Maybe a datasheet for some of the used, now discontinued ICs, like M51581FP DIR even?

Thx in advance,

Cheers!

P.S. Almost forgot, my inbox is at scorpioddmf (add the special sign here) hotmail dot com ;)
 
I got my old Philips DCC 91 cassette deck out recently to see if it still worked. All seemed well when I connected it up, and to my surprise the first DCC I put in the machine played perfectly and the sound was really superb. But then I started to try some of my other DCC tapes (I have many) and found to my dissappointment that a lot of them, mostly DCC90 tapes of various makes would not play in the machine. Cleaning the tape heads brought no improvement, but curiously, the tape that I had put in the machine first of all continued to play perfectly with complete reliabilty.
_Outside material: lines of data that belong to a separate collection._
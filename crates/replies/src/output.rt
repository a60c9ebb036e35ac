//! How bytes are written.

ghost use Rattle.std.specs.Prelude.{◌≡◌, Err, OnErr};
ghost use Rattle.model.specs.Writers.{Writes};

use crate::fault::ReplyFault;
use std::io::Write;

/// Writes all of the bytes.
///
/// # Errors
///
/// `Write` if a write fails, whatever its error, or takes no byte: a beginning of the bytes was
/// then written.
pub fn put<W: Write>(writer: &mut W, bytes: &[u8]) -> Result<(), ReplyFault>
    ensures writes { Writes (W.contents writer.old) (W.contents writer.new) bytes.now result }
    ensures fault { OnErr result (result ≡ Err ReplyFault.Write) }
{
    let mut done = 0;
    while done < bytes.len() {
        match writer.write(&bytes[done..]) {
            Ok(0) => return Err(ReplyFault::Write),
            Ok(n) => done += n,
            Err(_) => return Err(ReplyFault::Write),
        }
    }
    Ok(())
}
I investigated further some of the tapes that wouldn't play and noticed that as the tape was passing through the machine I could hear a slight high pitched whine coming from the area of the head assembly inside the machine. I examined the DCC tapes closely and found a brown deposit on the pressure pad situated behind the tape inside the head aperture of the cassette. All the other DCCs that wouldn't play had the same brown deposit on this pressure pad inside the cassette. I concluded that the problem was tape jitter disrupting the data stream coming off the tapes.

I used a cotton bud dipped in some surgical spirit and carefully cleaned the pressure pads of the "bad DCCs" and after making sure that the pads had dried thoroughly (a hairdrier was useful here) I found that it did the trick and all of the tapes now played perfectly. This tip might be useful to anyone who still uses these machines.
 
Sorry for resurrecting this old thread, but I wanted to post something I discovered, seems quite relevant to the last post. I own a dcc-900 which had trouble with some analog tapes: after playing back a while, the unit started "losing" high frequencies and when trying to play back a dcc tape, it would not read at all (service mode showed all FFFFs) and required head cleaning. After reading this post, I noticed the pressure pad was quite brown on the tapes with that problem, and decided to clean it with alcohol and let it dry. After that the tapes started to play perfectly till the end without "contaminating" the digital heads. I don't know why it worked but it's worth a try in case of such a problem. (Maybe the "dust" in the pressure pad, with the vibrations caused by tape movement was somehow contaminating the heads? - I also remembered some relevant article I had read some 20 years ago about a head clogging problem that had lead Philips engineers to redesign the pressure pad on digital tapes to avoid it).